House votes to shut down NSA phone-snooping
In an overwhelmingly bipartisan vote that would have been unthinkable just a few months ago, the House on Thursday approved a bill to cancel the government's bulk-data collection programs, including the NSA's phone-records snooping.
Less than a year after the program was first revealed by former government contractor Edward Snowden, the 303-121 vote to halt bulk data collection shows just how quickly a consensus developed against the NSA's secret program.
"This is the end of secret laws," said Rep. F. James Sensenbrenner Jr., the author of the original Patriot Act, who said he felt betrayed by the way the government used that law. "We have turned the tables on the NSA, and say we are watching you -- and we will."
But the bill is far less than civil liberties groups had wanted, and does still allow the National Security Agency to collect data under court order in certain conditions involving foreign agents -- conditions that some lawmakers said they are afraid the NSA will distort to ramp up its bulk collection to again grab information on Americans.
Thursday's vote is a first, major step for Congress. The Senate will have to approve the bill as well, and it would then go to President Obama. But even Mr. Obama, who for most of his administration approved and oversaw bulk collection, has changed his stance.

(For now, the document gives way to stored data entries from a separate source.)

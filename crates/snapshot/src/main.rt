// A snapshot: plays a session of console lines silently, and writes the 256 bytes as a guest reads them in the form of `lspci -n -xxx`.
#![tactic(auto)]

fn main(rt: HostRuntime) {
    if let Ok(dump) = snapshot_session::snap(&rt) {
        let _ = streams::put(&rt, dump.as_slice());
    }
}
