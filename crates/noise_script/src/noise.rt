//! The noise of uniform items.
ghost use Rattle.std.specs.Prelude.{◌≡◌, ◌≤◌, length};
ghost use Rattle.fixed_complex.specs.declared.Sample.{Sample};
ghost use Rattle.lane_kernels.specs.Kernels.{held_sums};
ghost use Rattle.noise_script.specs.Noise.{behind_sample, behind_samples, generator_of, noise_of, noise_samples, sample_noise};

use crate::applying::SILENT;
use fixed_complex::Sample;
use lane_kernels::add_saturating;
use rand_core::utils::NextWord;
use rand_pcg::Lcg64Xsh32;

// The most samples whose noise is made at once.
const AT_ONCE: usize = 256;

// Adds the noise of a seed to samples.
pub(crate) fn add_noise(samples: &mut [Sample], bound: u16, seed: u64)
    requires { bound ≤ 32767 }
    ensures { samples.new
        ≡ held_sums samples.old (noise_samples bound (length samples.old) (generator_of seed)) }
{
    let mut words = generator(seed);
    let mut from = 0;
    while from < samples.len() {
        let to = samples.len().min(from + AT_ONCE);
        add_piece(&mut samples[from..to], bound, &mut words);
        from = to;
    }
}

// The generator of a seed.
fn generator(seed: u64) -> Lcg64Xsh32
    ensures { result ≡ generator_of seed }
{
    Lcg64Xsh32::new(seed, 0)
}

// Adds noise to at most 256 samples.
fn add_piece(piece: &mut [Sample], bound: u16, words: &mut Lcg64Xsh32)
    requires bound { bound ≤ 32767 }
    requires short { length piece.old ≤ 256 }
    ensures sums { piece.new
        ≡ held_sums piece.old (noise_samples bound (length piece.old) words.old) }
    ensures words { words.new ≡ behind_samples (length piece.old) words.old }
{
    let mut noise = [SILENT; AT_ONCE];
    for n in 0..piece.len() {
        noise[n] = sample_noise(words, bound);
    }
    add_saturating(piece, &noise[..piece.len()]);
}

// What is added to the next sample.
fn sample_noise(words: &mut Lcg64Xsh32, bound: u16) -> Sample
    requires { bound ≤ 32767 }
    ensures noise { result ≡ sample_noise bound words.old }
    ensures words { words.new ≡ behind_sample words.old }
{
    let i = noise_of(words.next_word(), bound);
    let q = noise_of(words.next_word(), bound);
    Sample { i, q }
}

// What a word adds to a component.
fn noise_of(word: u32, bound: u16) -> i16
    requires { bound ≤ 32767 }
    ensures { result ≡ noise_of bound word }
{
    let bound = bound as u32;
    ((word % (2 * bound + 1)) as i32 - bound as i32) as i16
}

In a statement issued Wednesday, the White House said it "strongly supports" the bill curbing Mr. Obama's powers.
"The bill ensures our intelligence and law enforcement professionals have the authorities they need to protect the nation, while further ensuring that individuals' privacy is appropriately protected when these authorities are employed," the White House Office of Management and Budget said.

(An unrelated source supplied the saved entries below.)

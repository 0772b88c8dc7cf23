//! What holds of scripts and their texts. Its functions do nothing: what each ensures is the law.
ghost use Rattle.std.specs.Prelude.{◌≡◌, ◌+◌, ◌≤◌, ℕ, List, [], ◌∷◌, ◌++◌, length, unsigned_abs};
ghost use Rattle.fixed_complex.specs.Samples.{SamplesWithin};
ghost use Rattle.fixed_complex.specs.declared.Sample.{Sample};
ghost use Rattle.lane_kernels.specs.Kernels.{held_sums};
ghost use Rattle.noise_script.specs.Effects.{after_items, silence};
ghost use Rattle.noise_script.specs.Noise.{generator_of, noise_of, noise_samples};
ghost use Rattle.noise_script.specs.Scripts.{IsScript, SaysScript};
ghost use Rattle.noise_script.specs.declared.Item.{Item};
ghost use Rattle.noise_script.specs.declared.Item.TheVariants.{Lead, Trail, Uniform};
ghost use Rattle.rand_pcg.specs.Lcg.{Lcg};
ghost use Rattle.word_grammar.specs.Places.{HasNoPlace, HasOnePlace, IsDecided};

/// As a script a text has one bad place at most, a script has none, and each text is a script or
/// has one (own).
pub fn places_of_scripts()
    ensures one { HasOnePlace (IsScript 16) }
    ensures none { HasNoPlace (IsScript 16) }
    ensures decided { IsDecided (IsScript 16) }
{}

/// A text says one script at most (own).
pub fn one_script_a_text()
    ensures { (a b : List Item) (text : List ℕ) → SaysScript 16 a text → SaysScript 16 b text
        → a ≡ b }
{}

/// What noise adds to a component is at most its bound in size, and there is as much noise as samples
/// (own).
pub fn noise_within_its_bound()
    ensures component { (bound word : ℕ) → unsigned_abs (noise_of bound word) ≤ bound }
    ensures samples { (bound count : ℕ) (words : Lcg)
        → SamplesWithin bound (noise_samples bound count words) }
    ensures len { (bound count : ℕ) (words : Lcg)
        → length (noise_samples bound count words) ≡ count }
{}

/// A frame's script adds its noise to the samples and to the silence in front of them; the silence
/// behind them has none (own).
pub fn what_a_frame_script_does()
    ensures { (lead bound seed trail : ℕ) (samples : List Sample)
        → after_items (Lead lead ∷ Uniform bound seed ∷ Trail trail ∷ []) samples
        ≡ held_sums (silence lead ++ samples)
        (noise_samples bound (lead + length samples) (generator_of seed)) ++ silence trail }
{}
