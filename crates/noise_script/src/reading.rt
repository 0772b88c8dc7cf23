//! Scripts read from their texts. Each reader answers what the text says, or its bad place.
ghost use Rattle.std.specs.Prelude.{ℕ, ◌≡◌, ◌-◌, ◌<◌, ◌++◌, ◌∷◌, List, drop, length, IfOk, IfErr, IfSome, IfNone};
ghost use Rattle.std.specs.Bool.{OnFalse, OnTrue};
ghost use Rattle.noise_script.specs.Items.{IsItem, SaysItem};
ghost use Rattle.noise_script.specs.Keys.{AreComponents, AreTwo, IsBehind, IsKey, IsSpike, SaysBehind, SaysComponents, SaysKey, SaysSpike, SaysTwo, key_names};
ghost use Rattle.noise_script.specs.Scripts.{IsScript, SaysScript};
ghost use Rattle.noise_script.specs.declared.Item.{Item};
ghost use Rattle.word_grammar.specs.Names.{IsOneOf, most_shared};
ghost use Rattle.word_grammar.specs.Places.{IsBadAt};
ghost use Rattle.word_grammar.specs.Signs.{IsSigned, SaysSigned};

use crate::{Item, Script};
use word_grammar::{number, shared_front, signed, word_end};

// The most samples of a lead or a trail.
const MOST_SILENCE: u64 = 1 << 20;

// The most that a place among samples, or a count of those that are cut, may be.
const MOST_PLACE: u64 = 1 << 25;

// The largest bound of uniform noise.
const MOST_BOUND: u64 = 32767;

// The first word of an item.
#[derive(Clone, Copy)]
pub(crate) enum Key {
    Lead,
    Trail,
    Uniform,
    Spike,
    Cut,
}

// Reads items from a text into a script, behind those that it has.
pub(crate) fn read_items(script: &mut Script, text: &[u8]) -> Result<(), usize>
    requires { length script.old < 16 }
    ensures script { IfOk result (λ _. (more : List Item) × (script.new ≡ script.old ++ more)
        × SaysScript (16 - length script.old) more text.now) }
    ensures bad { IfErr result (IsBadAt (IsScript (16 - length script.old)) text.now) }
{
    let end = word_end(text, b';');
    match read_item(&text[..end]) {
        Ok(item) => script.push(item),
        Err(at) => return Err(at),
    }
    if end == text.len() {
        return Ok(());
    }
    if script.is_full() {
        return Err(end);
    }
    if !has_space(&text[end + 1..]) {
        return Err(end + 1);
    }
    match read_items(script, &text[end + 2..]) {
        Ok(()) => Ok(()),
        Err(at) => Err(end + 2 + at),
    }
}

// Whether a text begins with a space.
fn has_space(text: &[u8]) -> bool
    ensures space { OnTrue result (text.now ≡ 32 ∷ drop 1 text.now) }
    ensures none { OnFalse result (¬ ((rest : List ℕ) × (text.now ≡ 32 ∷ rest))) }
{
    text.starts_with(b" ")
}

// The item of a text.
fn read_item(text: &[u8]) -> Result<Item, usize>
    ensures item { IfOk result (λ item. SaysItem item text.now) }
    ensures bad { IfErr result (IsBadAt IsItem text.now) }
{
    let end = word_end(text, b' ');
    let key = match read_key(&text[..end]) {
        Ok(key) => key,
        Err(at) => return Err(at),
    };
    if end == text.len() {
        return Err(end);
    }
    match read_behind(key, &text[end + 1..]) {
        Ok(item) => Ok(item),
        Err(at) => Err(end + 1 + at),
    }
}

// The key that a word is.
fn read_key(word: &[u8]) -> Result<Key, usize>
    ensures key { IfOk result (λ key. SaysKey key word.now) }
    ensures bad { IfErr result (IsBadAt IsKey word.now) }
{
    match key_of(word) {
        Some(key) => Ok(key),
        None => Err(shared_with_keys(word)),
    }
}

// The key that a word is, if it is one.
fn key_of(word: &[u8]) -> Option<Key>
    ensures key { IfSome result (λ key. SaysKey key word.now) }
    ensures none { IfNone result (¬ IsOneOf key_names word.now) }
{
    if word == b"lead".as_slice() {
        Some(Key::Lead)
    } else if word == b"trail".as_slice() {
        Some(Key::Trail)
    } else if word == b"uniform".as_slice() {
        Some(Key::Uniform)
    } else if word == b"spike".as_slice() {
        Some(Key::Spike)
    } else if word == b"cut".as_slice() {
        Some(Key::Cut)
    } else {
        None
    }
}

// The most bytes that a word shares with a key.
fn shared_with_keys(word: &[u8]) -> usize
    ensures { result ≡ most_shared key_names word.now }
{
    shared_front(word, b"lead")
        .max(shared_front(word, b"trail"))
        .max(shared_front(word, b"uniform"))
        .max(shared_front(word, b"spike"))
        .max(shared_front(word, b"cut"))
}

// The item whose words behind its key are these.
fn read_behind(key: Key, words: &[u8]) -> Result<Item, usize>
    ensures item { IfOk result (λ item. SaysBehind key item words.now) }
    ensures bad { IfErr result (IsBadAt (IsBehind key) words.now) }
{
    match key {
        Key::Lead => match number(words, 0, MOST_SILENCE) {
            Ok(count) => Ok(Item::Lead {
                count: count as u32,
            }),
            Err(at) => Err(at),
        },
        Key::Trail => match number(words, 0, MOST_SILENCE) {
            Ok(count) => Ok(Item::Trail {
                count: count as u32,
            }),
            Err(at) => Err(at),
        },
        Key::Uniform => match read_two(words, MOST_BOUND, u64::MAX) {
            Ok((bound, seed)) => Ok(Item::Uniform {
                bound: bound as u16,
                seed,
            }),
            Err(at) => Err(at),
        },
        Key::Spike => match read_spike(words) {
            Ok((at, i, q)) => Ok(Item::Spike { at, i, q }),
            Err(at) => Err(at),
        },
        Key::Cut => match read_two(words, MOST_PLACE, MOST_PLACE) {
            Ok((at, count)) => Ok(Item::Cut {
                at: at as u32,
                count: count as u32,
            }),
            Err(at) => Err(at),
        },
    }
}

// Two numbers from 0 on.
fn read_two(words: &[u8], first: u64, second: u64) -> Result<(u64, u64), usize>
    ensures numbers { IfOk result (λ two. SaysTwo first second two.0 two.1 words.now) }
    ensures bad { IfErr result (IsBadAt (AreTwo first second) words.now) }
{
    let end = word_end(words, b' ');
    let a = match number(&words[..end], 0, first) {
        Ok(a) => a,
        Err(at) => return Err(at),
    };
    if end == words.len() {
        return Err(end);
    }
    match number(&words[end + 1..], 0, second) {
        Ok(b) => Ok((a, b)),
        Err(at) => Err(end + 1 + at),
    }
}

// A place among samples, and the components of a sample.
fn read_spike(words: &[u8]) -> Result<(u32, i16, i16), usize>
    ensures spike { IfOk result (λ spike. SaysSpike spike.0 spike.1 spike.2 words.now) }
    ensures bad { IfErr result (IsBadAt IsSpike words.now) }
{
    let end = word_end(words, b' ');
    let place = match number(&words[..end], 0, MOST_PLACE) {
        Ok(place) => place as u32,
        Err(at) => return Err(at),
    };
    if end == words.len() {
        return Err(end);
    }
    match read_components(&words[end + 1..]) {
        Ok((i, q)) => Ok((place, i, q)),
        Err(at) => Err(end + 1 + at),
    }
}

// The components of a sample.
fn read_components(words: &[u8]) -> Result<(i16, i16), usize>
    ensures components { IfOk result (λ sample. SaysComponents sample.0 sample.1 words.now) }
    ensures bad { IfErr result (IsBadAt AreComponents words.now) }
{
    let end = word_end(words, b' ');
    let i = match read_component(&words[..end]) {
        Ok(i) => i,
        Err(at) => return Err(at),
    };
    if end == words.len() {
        return Err(end);
    }
    match read_component(&words[end + 1..]) {
        Ok(q) => Ok((i, q)),
        Err(at) => Err(end + 1 + at),
    }
}

// A component of a sample.
fn read_component(word: &[u8]) -> Result<i16, usize>
    ensures component { IfOk result (λ component. SaysSigned 32768 32767 component word.now) }
    ensures bad { IfErr result (IsBadAt (IsSigned 32768 32767) word.now) }
{
    match signed(word, 32768, 32767) {
        Ok(component) => Ok(component as i16),
        Err(at) => Err(at),
    }
}
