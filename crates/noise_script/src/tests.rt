use crate::{Item, Script, ScriptFault};
use fixed_complex::Sample;
use std::test::Fail;

// 17 items.
const SEVENTEEN: &str = "lead 0; lead 0; lead 0; lead 0; lead 0; lead 0; lead 0; lead 0; lead 0; \
    lead 0; lead 0; lead 0; lead 0; lead 0; lead 0; lead 0; lead 0";

#[test]
fn bad_scripts(rt: HostRuntime) -> Result<(), Fail> {
    let cases = [
        ("", 0),
        ("lead", 4),
        ("leab", 3),
        ("lead 01", 6),
        ("lead 1;uniform 1 1", 7),
        ("lead 5;", 7),
        ("lead 1; ", 8),
        ("lead 1048577", 11),
        ("lead 1 ", 6),
        ("spike 0 -0 1", 9),
        ("spike 0 1", 9),
        ("uniform 32768 1", 12),
        ("uniform 1 18446744073709551616", 29),
        ("cut 33554433 1", 11),
        ("cut 0 33554433", 13),
        ("trail 1;  cut 1 1", 9),
        (SEVENTEEN, 126),
    ];
    for (text, at) in cases {
        match Script::read(text) {
            Ok(_) => assert!(rt; false, "{text}"),
            Err(fault) => assert_eq!(rt; fault, ScriptFault::BadScript { at }, "{text}"),
        }
    }
    Ok(())
}

#[test]
fn what_items_do(rt: HostRuntime) -> Result<(), Fail> {
    let cases: [(&str, &[(i16, i16)]); 11] = [
        ("lead 2; spike 1 5 -7; trail 1", &[(0, 0), (5, -7), (0, 0)]),
        (
            "lead 1; spike 0 30000 -30000; spike 0 30000 -30000",
            &[(32767, -32768)],
        ),
        ("lead 3; cut 1 5", &[(0, 0)]),
        ("lead 3; spike 2 1 1; cut 0 2", &[(1, 1)]),
        ("lead 2; cut 2 1; spike 2 1 1", &[(0, 0), (0, 0)]),
        ("trail 1; spike 0 1 2; lead 1", &[(0, 0), (1, 2)]),
        ("lead 2; uniform 0 9", &[(0, 0), (0, 0)]),
        ("uniform 1 0", &[]),
        ("lead 2; uniform 15 7", &[(11, -3), (5, -2)]),
        ("lead 300; uniform 15 7; cut 0 299", &[(9, -3)]),
        (
            "lead 1; uniform 32767 18446744073709551615",
            &[(-32767, -21429)],
        ),
    ];
    for (text, sent) in cases {
        let mut samples = Vec::new(rt.alloc());
        Script::read(text)?.apply(&mut samples)?;
        assert_eq!(rt; samples.len(), sent.len(), "{text}");
        for (sample, (i, q)) in samples.iter().zip(sent) {
            assert_eq!(rt; *sample, Sample { i: *i, q: *q }, "{text}");
        }
    }
    Ok(())
}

The White House did manage to get the bill watered down -- so much so that a number of civil liberties groups have withdrawn their support in recent days.

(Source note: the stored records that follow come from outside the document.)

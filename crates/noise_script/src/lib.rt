//! Noise scripts: what is done to the samples of a capture, item by item, and the texts of scripts
//! (own).
#![tactic(auto)]

ghost use Rattle.std.specs.Prelude.{◌≡◌, [], ◌∷◌, ◌++◌, ◌^◌, ◌<◌, ◌≤◌, length, vec_len, All, IfOk, IfErr, OnErr};
ghost use Rattle.std.specs.Bool.{OnFalse, OnTrue};
ghost use Rattle.noise_script.specs.Effects.{after_items};
ghost use Rattle.noise_script.specs.Items.{IsInRange};
ghost use Rattle.noise_script.specs.Scripts.{IsScript, SaysScript, frame_text, place_of};
ghost use Rattle.noise_script.specs.declared.Item.TheVariants.{Lead, Trail, Uniform};
ghost use Rattle.word_grammar.specs.Places.{IsBadAt};

use crate::applying::{added_by_all, apply_items};
use fixed_complex::Sample;
use std::alloc::AllocError;
use std::marker::Model;
use thiserror::Error;

mod applying;
pub mod laws;
mod noise;
mod reading;
#[cfg(test)]
mod tests;

// The most items of a script.
const MOST_ITEMS: usize = 16;

/// What is done to samples (own).
#[derive(Clone, Copy, Debug, PartialEq, Eq)]
pub enum Item {
    /// `count` silent samples are put in front. `count` is at most 1048576.
    Lead { count: u32 },
    /// `count` silent samples are appended. `count` is at most 1048576.
    Trail { count: u32 },
    /// Pseudo-random numbers from `-bound` to `bound` are added to each sample's components.
    /// `bound` is at most 32767.
    Uniform { bound: u16, seed: u64 },
    /// (`i`, `q`) is added to sample `at`, if there is one. `at` is at most 33554432.
    Spike { at: u32, i: i16, q: i16 },
    /// `count` samples from `at` on are taken out, as far as they exist. Both are at most 33554432.
    Cut { at: u32, count: u32 },
}

/// Why a text is no script (own).
#[derive(Clone, Copy, Debug, PartialEq, Eq, Error)]
pub enum ScriptFault {
    /// The place, in bytes from 0, of the last byte of the shortest front of the text that begins
    /// no script; the text's length, where the whole text begins one.
    #[error("no script at {at}")]
    BadScript { at: usize },
}

/// A noise script of at most 16 items. Contracts see it as the list of its items (own).
#[derive(Drop)]
pub struct Script {
    items: [Item; MOST_ITEMS],
    count: usize,
}

impl Model for Script {
    ghost use Rattle.std.specs.Prelude.{◌≤◌, List, take, All};
    ghost use Rattle.noise_script.specs.declared.Item.{Item};

    ghost Value = { List Item };

    ghost use Rattle.noise_script.specs.Items.{IsInRange};

    ghost view = { λ script. take script.count script.items };

    ghost invariant = { λ script.
        (script.count ≤ 16) × All IsInRange (take script.count script.items) };
}

impl Script {
    // The script of no items, which no text says.
    fn new() -> Script
        ensures { result ≡ [] }
    {
        Script {
            items: [Item::Lead { count: 0 }; MOST_ITEMS],
            count: 0,
        }
    }

    // Adds an item behind the others.
    fn push(&mut self, item: Item)
        requires room { length self.old < 16 }
        requires in_range { IsInRange item }
        ensures { self.new ≡ self.old ++ item ∷ [] }
    {
        self.items[self.count] = item;
        self.count += 1;
    }

    // Whether no other item has room.
    fn is_full(&self) -> bool
        ensures full { OnTrue result (length self.now ≡ 16) }
        ensures room { OnFalse result (length self.now < 16) }
    {
        self.items().len() == MOST_ITEMS
    }

    /// The script that a text says: one to 16 items, with a semicolon and one space between two,
    /// and one space between the words of an item; no number has a leading zero (own). Takes no
    /// memory.
    pub fn read(text: &str) -> Result<Script, ScriptFault>
        ensures script { IfOk result (λ script. SaysScript 16 script text.now) }
        ensures bad { IfErr result (λ fault. IsBadAt (IsScript 16) text.now (place_of fault)) }
    {
        let mut script = Script::new();
        match reading::read_items(&mut script, text.as_bytes()) {
            Ok(()) => Ok(script),
            Err(at) => Err(ScriptFault::BadScript { at }),
        }
    }

    /// The script of the text `lead LEAD; uniform BOUND SEED; trail TRAIL` (own). `lead` and `trail`
    /// are at most 1048576, and `bound` is at most 32767. Takes no memory.
    pub fn of_frame(lead: u32, bound: u16, seed: u64, trail: u32) -> Script
        requires lead { lead ≤ 1048576 }
        requires bound { bound ≤ 32767 }
        requires trail { trail ≤ 1048576 }
        ensures items { result ≡ Lead lead ∷ Uniform bound seed ∷ Trail trail ∷ [] }
        ensures script { SaysScript 16 result (frame_text lead bound seed trail) }
    {
        let mut script = Script::new();
        script.push(Item::Lead { count: lead });
        script.push(Item::Uniform { bound, seed });
        script.push(Item::Trail { count: trail });
        script
    }

    /// The items, in order (own). Takes no memory.
    pub fn items(&self) -> &[Item]
        ensures items { result.now ≡ self.now }
        ensures in_range { All IsInRange self.now }
        ensures few { length self.now ≤ 16 }
    {
        &self.items[..self.count]
    }

    /// Applies the items to samples, one after the other, each to the list as it then is. Every sum
    /// is held within -32768 to 32767 (own). Room for all samples is made first, and the only error
    /// is want of memory, after which the samples are as they were. Before the call there are at
    /// most 2^24.
    pub fn apply(&self, samples: &mut Vec<Sample>) -> Result<(), AllocError>
        requires { vec_len samples.old ≤ 2 ^ 24 }
        ensures after { IfOk result
            (λ _. samples.new.items ≡ after_items self.now samples.old.items) }
        ensures within { IfOk result (λ _. vec_len samples.new ≤ 2 ^ 25) }
        ensures unchanged { OnErr result (samples.new.items ≡ samples.old.items) }
    {
        let items = self.items();
        samples.reserve(added_by_all(items))?;
        apply_items(items, samples);
        Ok(())
    }
}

Rep. Zoe Lofgren, a California Democrat who supported an earlier version but voted against Thursday's bill on the floor, said key privacy and disclosure protections were removed. She said given the intelligence community's history, she was not prepared to trust them.
"Our job is not to trust, but to codify," she said.
The NSA program revealed by Mr. Snowden allowed the government to demand metadata records from phone companies, which included the numbers, times and durations of every call made in the U.S. The government stored the records for five years, and queried the database when agents suspected a number was related to terrorism.
Members of the intelligence community said the program had never been abused and argued it was a valuable tool -- though they were unable to convince a number of external reviews that found the data had not helped stop any terrorist attacks.
Under the new bill, data would be held by the phone companies, and the government would be required to get a court order when it wanted to seek specific data.